I cant decide if i should go or not, i already have a job its part time but the hours vary between 20,30 sometimes 40(if lucky) hours a week.(inconaistent hours but minimum being 20) but its also nice havjng the days off inbetween shifts.
My current job the manager is clueless and running the place into the ground and everyone is leaving.
However its only a 2 min drive down the road from where i live where as the new job is further afield in that its 30 mins drive pending on traffic.
The newer job would be 38 hours a week monday to friday and working with hand held power tools making cctv camera mounted equipment.
It would also be that i would make £2500 a year more then my current job
I currently work in retail as a team leader but there is a lot of backside kissing going on etc but despite all of this i guess its a comfort zone.
I am actually anxious as hell about weather or not i should go changing jobs i want too but at the same time im feeling so conflicted about it.

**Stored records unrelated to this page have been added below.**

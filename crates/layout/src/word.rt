// A name, as a part of the text: its place and how many bytes it has.
#[derive(Clone, Copy, PartialEq, Eq)]
pub struct Word {
    pub place: u16,
    pub size: u8,
}

impl Word {
    // what stands in an entry that no word uses
    pub const UNUSED: Word = Word { place: 0, size: 0 };
}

My head is pretty much all over the place and i just do not know what to do. A part of me feels mentally maybe i am not ready to work full time like that while another part of me feels like im just looking for excuses.
I am still strugling with SH, suicidal thoughts more so these last two weeks or so the roller coaster just never stops but its never effected my job, apart from appearence wise of having to wear a long sleeve jumper under my work shirt all the time to hide the cuts.
But anyway yeah i feel conflicted about it all a million things running through my head coming going coming going i just really dont know what to do and had to get this off my chest.